Date Posted: 2010-11-04

As tensions continue to build between Japan and China over a September encounter between a Chinese trawler and the Japan Coast Guard in disputed Senkaku Islands waters, Japanese officials and the U.S. Secretary of States are trying to bring the two sides together to talk.

Prime Minister Naoto Kan would like to meet with Hu Jintao, China’s president, as the two participate in the Asia-Pacific Economic Cooperation Forum summit in mid-November, and America’s Hillary Clinton has offered to broker a trilateral meeting between foreign ministers of the two countries to get people talking again. Chief Cabinet Secretary Yoshito Sengoku says “I predict that he will come as scheduled,” referring to China’s president, “and will hold some kind of talks with the prime minister.”
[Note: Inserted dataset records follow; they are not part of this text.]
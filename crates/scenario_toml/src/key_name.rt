ghost use Rattle.std.specs.Prelude.{◌≡◌, ◌++◌, IfOk};
ghost use Rattle.scenario_toml.specs.Keys.{key_at};

use std::alloc::Global;
use std::marker::Model;
use surw_base::{OutOfMemory, push_number};

/// The name of a key of a scenario file, as `world.cells` or `thread.1.lines.0`. A contract sees its bytes.
#[derive(Debug, Drop)]
pub struct KeyName {
    bytes: Vec<u8>,
}

impl Model for KeyName {
    ghost use Rattle.std.specs.Prelude.{ℕ, List};

    ghost Value = { List ℕ };

    ghost view = { λ key. key.bytes.items };
}

impl KeyName {
    /// The name of a key in a table, behind the table's path. An error comes only where memory is refused.
    pub(crate) fn new(alloc: Global, path: &[u8], name: &str) -> Result<KeyName, OutOfMemory>
        ensures { IfOk result (λ key. key ≡ path.now ++ name.now) }
    {
        let mut bytes = Vec::from_slice(alloc, path)?;
        bytes.extend_from_slice(name.as_bytes())?;
        Ok(KeyName { bytes })
    }

    /// The name of an item of this array. An error comes only where memory is refused.
    pub(crate) fn at(&self, alloc: Global, place: usize) -> Result<KeyName, OutOfMemory>
        ensures { IfOk result (λ key. key ≡ key_at self.now place) }
    {
        let mut bytes = Vec::from_slice(alloc, self.bytes.as_slice())?;
        bytes.push(b'.')?;
        push_number(&mut bytes, place as u64)?;
        Ok(KeyName { bytes })
    }

    /// Its bytes.
    pub fn as_bytes(&self) -> &[u8]
        ensures { result.now ≡ self.now }
    {
        self.bytes.as_slice()
    }
}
At the same time, Sengoku said he’d like a meeting proposed between the foreign ministers, but questioned whether such sessions could be brokered in the short timelines. The Chief Cabinet Secretary says both Beijing and Tokyo need to separately decide which kind of proposals would work best for their countries. Diplomatic relations between the two Asian countries have fallen to the lowest point in years since the Japanese patrol boats and a Chinese fishing vessel collided off the East China Sea’s Sengaku Islands.

China and Taiwan both claim sovereign rights to the islands, which China calls Diaoyu, and the Japanese call Senkaku. Beijing’s Assistant Foreign Minister, Hu Zhengyue, blamed Japan for the trouble. “Japan spread groundless distortions… they want to make the Diaoyu islands a hot-topic issue,” he said, adding “Japan should take responsibility for ruining the atmosphere between the two countries.”

Efforts were made in Hanoi this week to bring the two countries together during meetings of the 10-nation Association of Southeast Asian Nations, but those efforts didn’t gain traction. China blocked the ASEAN nations from getting into the issue, choosing to deal with countries one-on-one. ASEAN nations, says Philippine President Benigno Aquino III, “should have one voice before we venture into talking to other claimants.”